【COMPANY OVERVIEW】
- Global Biotechnology company focusing on innovative precision based cancer therapies
【JOB RESPONSIBILITIES】
- Support Quality Assurance supervisor to achieve Japan Commercial Operations objectives from Medical device perspective
- When Quality Assurance issue arises, lead to define the appropriate Quality measurement through the communication with the related internal, global and external parties.
- Ensure full compliance with applicable regulations in Japan.
- Oversee all activities or responsibilities that are delegated to external parties
【WHY YOU SHOULD APPLY】
- Career development support (training and promotions)
- Start up environment
- Working with a diverse and motivated team with excellent work culture
【REQUIREMENTS】
- 5+ years Knowledge of relevant in Quality Assurance in Medical Device industry.

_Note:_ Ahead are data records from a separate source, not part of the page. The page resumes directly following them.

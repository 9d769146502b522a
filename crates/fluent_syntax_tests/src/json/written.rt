//! JSON text that is written without a value: whole, entry by entry, and to sinks that refuse a piece of it.

use crate::alike::{assert_holds, assert_same_text};
use crate::made::{Made, Text, lent_tree, owned_tree};
use crate::writer::sinks::{Small, TEXTS, assert_each_piece_refused};
use fluent_syntax::ast::{Entry, Resource};
use fluent_syntax::parser::Slice;
use fluent_syntax::unicode::{SinkError, TextSink};
use fluent_syntax_json::{BodyWriter, write_to};
use std::alloc::{AllocError, Global};
use std::test::Fail;

/// The JSON text of a tree.
pub(crate) fn json_text<'s, S: Slice<'s>>(alloc: Global, tree: &Resource<S>) -> Made<String> {
    let mut text = String::new(alloc);
    match write_to(&mut text, tree) {
        Ok(()) => Ok(text),
        Err(_) => Err(AllocError),
    }
}

/// The sink to which the entries were written, whether it was seen to refuse one of them, and the answer.
fn written<'s, S: Slice<'s>, W: TextSink>(
    sink: W,
    entries: &[Entry<S>],
) -> (W, bool, Result<(), SinkError>) {
    let mut writer = BodyWriter::new(sink);
    for entry in entries {
        writer.write_entry(entry);
    }
    let has_refused = writer.has_refused();
    let (sink, answer) = writer.finish();
    (sink, has_refused, answer)
}

/// Fails where the JSON text of the tree is another.
fn assert_written<'s, S: Slice<'s>>(
    alloc: Global,
    shows: &str,
    tree: &Resource<S>,
    expected: &str,
) -> Result<(), Fail> {
    assert_same_text(alloc, shows, json_text(alloc, tree)?.as_str(), expected)?;
    let (text, has_refused, answer) = written(String::new(alloc), &tree.body);
    assert_holds(alloc, shows, !has_refused && answer.is_ok())?;
    assert_same_text(alloc, shows, text.as_str(), expected)
}

/// The keys of an object are in order.
#[test]
fn texts_of_forms(rt: HostRuntime) -> Result<(), Fail> {
    let alloc = rt.alloc();
    let form = r#"{"body":[{"content":["a"],"type":"Comment"},{"content":"\"\n","type":"Junk"}]}"#;
    assert_written(alloc, "lent", &lent_tree(alloc, "# a\n\"\n")?, form)?;
    assert_written(alloc, "owned", &owned_tree(alloc, "# a\n\"\n")?, form)
}

fn assert_tree_refused(alloc: Global, text: Text) -> Result<(), Fail> {
    let tree = lent_tree(alloc, text)?;
    let whole = json_text(alloc, &tree)?;
    assert_each_piece_refused(alloc, whole.as_str(), |mut sink| {
        let answer = write_to(&mut sink, &tree);
        (sink, answer)
    })?;
    assert_each_piece_refused(alloc, whole.as_str(), |sink| {
        let (sink, _, answer) = written(sink, &tree.body);
        (sink, answer)
    })
}

#[test]
fn trees_to_sinks_that_refuse(rt: HostRuntime) -> Result<(), Fail> {
    for text in &TEXTS {
        assert_tree_refused(rt.alloc(), *text)?;
    }
    Ok(())
}

/// The JSON text of the tree of `"`; its last two bytes are written when the writer is finished.
const QUOTE: &str = "{\"body\":[{\"content\":\"\\\"\",\"type\":\"Junk\"}]}";

fn assert_within(alloc: Global, room: usize) -> Result<(), Fail> {
    let tree = lent_tree(alloc, "\"")?;
    let mut sink = Small::new(alloc, room)?;
    let answer = write_to(&mut sink, &tree);
    assert_holds(alloc, "a tree", sink.holds_its_part(QUOTE, room, answer))?;
    let (sink, has_refused, answer) = written(Small::new(alloc, room)?, &tree.body);
    let is_refusal_reported = has_refused == (room < QUOTE.len() - 2);
    assert_holds(
        alloc,
        "entries",
        is_refusal_reported && sink.holds_its_part(QUOTE, room, answer),
    )
}

/// What has the room is taken.
#[test]
fn trees_to_sinks_of_a_few_bytes(rt: HostRuntime) -> Result<(), Fail> {
    for room in 0..=QUOTE.len() {
        assert_within(rt.alloc(), room)?;
    }
    Ok(())
}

- Experience of managing Medical Device class Ⅱ or Ⅲ
- Experience of complaint handling
- Experience in both clinical and post-marketing environment.
- Understanding of PMD Act, relevant regulations and guidelines.
- Thorough knowledge of drug and medical device development process.
- Very good communication and problem solution skill among cross-functional team.
- Ability to communicate reading, writing, and speaking in English is strongly preferred.
- Bachelor's Degree in Science or related discipline
- Knowledge of relevant in Quality Assurance in pharma industry is plus.
- Strong Communication skill with external parties.